Stored data entries

* * * * * * * * *

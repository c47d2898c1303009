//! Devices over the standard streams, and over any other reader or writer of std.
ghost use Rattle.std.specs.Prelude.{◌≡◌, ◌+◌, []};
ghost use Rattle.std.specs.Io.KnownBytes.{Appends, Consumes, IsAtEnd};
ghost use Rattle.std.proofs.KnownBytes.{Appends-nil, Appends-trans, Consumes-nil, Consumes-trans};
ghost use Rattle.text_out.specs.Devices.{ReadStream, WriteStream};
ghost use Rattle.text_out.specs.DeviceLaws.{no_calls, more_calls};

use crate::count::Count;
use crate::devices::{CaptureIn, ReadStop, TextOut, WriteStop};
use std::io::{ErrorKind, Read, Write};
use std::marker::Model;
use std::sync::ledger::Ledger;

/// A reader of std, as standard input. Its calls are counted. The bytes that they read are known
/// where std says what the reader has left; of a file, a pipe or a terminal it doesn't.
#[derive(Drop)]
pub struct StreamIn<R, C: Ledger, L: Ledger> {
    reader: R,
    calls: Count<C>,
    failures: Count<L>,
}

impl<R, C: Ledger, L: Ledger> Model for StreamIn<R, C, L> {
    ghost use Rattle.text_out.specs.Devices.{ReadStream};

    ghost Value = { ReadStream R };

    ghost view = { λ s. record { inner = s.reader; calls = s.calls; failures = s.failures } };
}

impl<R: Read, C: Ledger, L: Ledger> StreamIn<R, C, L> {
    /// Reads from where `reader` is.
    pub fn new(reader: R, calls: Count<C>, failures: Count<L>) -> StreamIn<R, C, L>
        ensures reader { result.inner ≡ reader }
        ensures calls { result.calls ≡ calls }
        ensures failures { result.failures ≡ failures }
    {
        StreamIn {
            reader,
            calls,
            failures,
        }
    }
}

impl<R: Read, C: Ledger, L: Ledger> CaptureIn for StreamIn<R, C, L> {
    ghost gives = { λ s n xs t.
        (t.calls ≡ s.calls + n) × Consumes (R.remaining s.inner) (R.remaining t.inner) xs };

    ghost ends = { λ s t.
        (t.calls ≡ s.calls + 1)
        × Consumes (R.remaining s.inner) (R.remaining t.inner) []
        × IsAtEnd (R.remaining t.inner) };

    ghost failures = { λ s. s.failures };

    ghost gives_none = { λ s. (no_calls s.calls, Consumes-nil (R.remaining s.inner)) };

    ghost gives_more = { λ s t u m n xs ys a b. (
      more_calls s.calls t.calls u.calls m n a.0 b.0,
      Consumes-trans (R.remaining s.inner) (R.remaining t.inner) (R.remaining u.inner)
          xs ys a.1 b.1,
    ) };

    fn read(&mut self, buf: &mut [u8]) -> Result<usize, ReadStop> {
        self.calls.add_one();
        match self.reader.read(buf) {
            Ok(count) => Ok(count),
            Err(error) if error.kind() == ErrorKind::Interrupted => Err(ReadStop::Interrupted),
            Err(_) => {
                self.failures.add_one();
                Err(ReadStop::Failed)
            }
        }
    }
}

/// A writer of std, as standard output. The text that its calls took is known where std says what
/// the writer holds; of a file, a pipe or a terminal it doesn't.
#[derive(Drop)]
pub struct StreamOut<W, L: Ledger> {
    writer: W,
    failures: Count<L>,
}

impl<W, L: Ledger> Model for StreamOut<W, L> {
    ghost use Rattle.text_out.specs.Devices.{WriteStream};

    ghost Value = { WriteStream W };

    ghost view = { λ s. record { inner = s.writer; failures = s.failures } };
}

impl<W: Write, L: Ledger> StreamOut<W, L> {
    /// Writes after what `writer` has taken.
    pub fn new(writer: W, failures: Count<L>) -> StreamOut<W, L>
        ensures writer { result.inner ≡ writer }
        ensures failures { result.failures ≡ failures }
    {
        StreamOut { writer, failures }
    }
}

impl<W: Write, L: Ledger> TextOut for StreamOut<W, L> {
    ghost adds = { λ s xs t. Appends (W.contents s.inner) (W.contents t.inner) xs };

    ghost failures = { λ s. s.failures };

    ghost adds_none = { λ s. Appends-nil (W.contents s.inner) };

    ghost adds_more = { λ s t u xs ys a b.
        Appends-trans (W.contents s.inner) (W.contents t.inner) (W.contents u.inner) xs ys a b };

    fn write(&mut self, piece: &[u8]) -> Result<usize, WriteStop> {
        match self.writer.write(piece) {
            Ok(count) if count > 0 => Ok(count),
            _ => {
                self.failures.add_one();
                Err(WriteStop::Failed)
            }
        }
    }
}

* * * * * * * * *

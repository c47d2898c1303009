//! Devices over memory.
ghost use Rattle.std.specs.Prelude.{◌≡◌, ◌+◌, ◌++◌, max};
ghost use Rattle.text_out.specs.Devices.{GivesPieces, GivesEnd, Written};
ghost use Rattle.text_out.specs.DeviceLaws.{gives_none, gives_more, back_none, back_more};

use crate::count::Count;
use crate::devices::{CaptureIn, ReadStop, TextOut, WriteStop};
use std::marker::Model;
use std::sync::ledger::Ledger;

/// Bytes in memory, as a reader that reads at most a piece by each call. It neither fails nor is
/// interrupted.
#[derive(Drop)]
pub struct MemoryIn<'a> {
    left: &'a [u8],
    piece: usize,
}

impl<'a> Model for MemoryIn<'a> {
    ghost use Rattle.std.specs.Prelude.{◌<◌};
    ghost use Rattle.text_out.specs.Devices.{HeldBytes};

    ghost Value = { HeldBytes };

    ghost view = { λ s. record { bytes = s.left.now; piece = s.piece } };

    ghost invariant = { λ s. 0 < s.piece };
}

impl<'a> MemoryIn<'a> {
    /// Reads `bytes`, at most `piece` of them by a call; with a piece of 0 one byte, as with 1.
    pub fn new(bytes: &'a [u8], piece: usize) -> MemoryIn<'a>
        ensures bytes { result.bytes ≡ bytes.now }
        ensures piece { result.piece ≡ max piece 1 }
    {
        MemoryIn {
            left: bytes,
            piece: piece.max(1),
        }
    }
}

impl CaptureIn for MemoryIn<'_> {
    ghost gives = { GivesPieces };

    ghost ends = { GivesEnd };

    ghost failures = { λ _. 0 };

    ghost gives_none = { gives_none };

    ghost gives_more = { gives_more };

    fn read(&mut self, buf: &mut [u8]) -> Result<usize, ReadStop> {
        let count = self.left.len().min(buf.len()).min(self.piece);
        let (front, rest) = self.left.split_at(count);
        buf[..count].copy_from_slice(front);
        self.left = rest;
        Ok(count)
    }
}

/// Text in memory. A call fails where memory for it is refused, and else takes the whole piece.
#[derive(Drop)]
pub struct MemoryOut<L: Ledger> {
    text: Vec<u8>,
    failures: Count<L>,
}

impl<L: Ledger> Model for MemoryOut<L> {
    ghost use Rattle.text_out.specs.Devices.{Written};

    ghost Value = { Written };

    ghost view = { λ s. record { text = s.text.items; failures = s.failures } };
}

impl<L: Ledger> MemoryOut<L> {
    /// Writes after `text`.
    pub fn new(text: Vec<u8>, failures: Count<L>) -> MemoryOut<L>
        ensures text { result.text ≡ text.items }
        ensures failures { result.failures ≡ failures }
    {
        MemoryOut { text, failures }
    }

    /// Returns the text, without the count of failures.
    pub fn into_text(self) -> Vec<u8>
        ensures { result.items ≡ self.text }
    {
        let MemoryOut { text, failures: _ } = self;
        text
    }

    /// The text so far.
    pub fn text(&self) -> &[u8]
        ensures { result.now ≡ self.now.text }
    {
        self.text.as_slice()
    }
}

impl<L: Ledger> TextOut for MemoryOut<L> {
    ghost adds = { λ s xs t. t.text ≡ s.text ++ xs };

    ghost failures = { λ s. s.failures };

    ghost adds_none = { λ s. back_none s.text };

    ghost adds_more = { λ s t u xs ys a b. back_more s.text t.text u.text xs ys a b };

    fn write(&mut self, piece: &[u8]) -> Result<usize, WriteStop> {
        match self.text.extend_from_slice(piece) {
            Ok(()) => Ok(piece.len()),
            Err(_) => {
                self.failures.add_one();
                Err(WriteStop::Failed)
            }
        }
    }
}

* * * * * * * * *

### Task
Extract each line holding the word "what" from the records.

### Answer
/// where std says what the reader has left; of a file, a pipe or a terminal it doesn't.
/// A writer of std, as standard output. The text that its calls took is known where std says what
    /// Writes after what `writer` has taken.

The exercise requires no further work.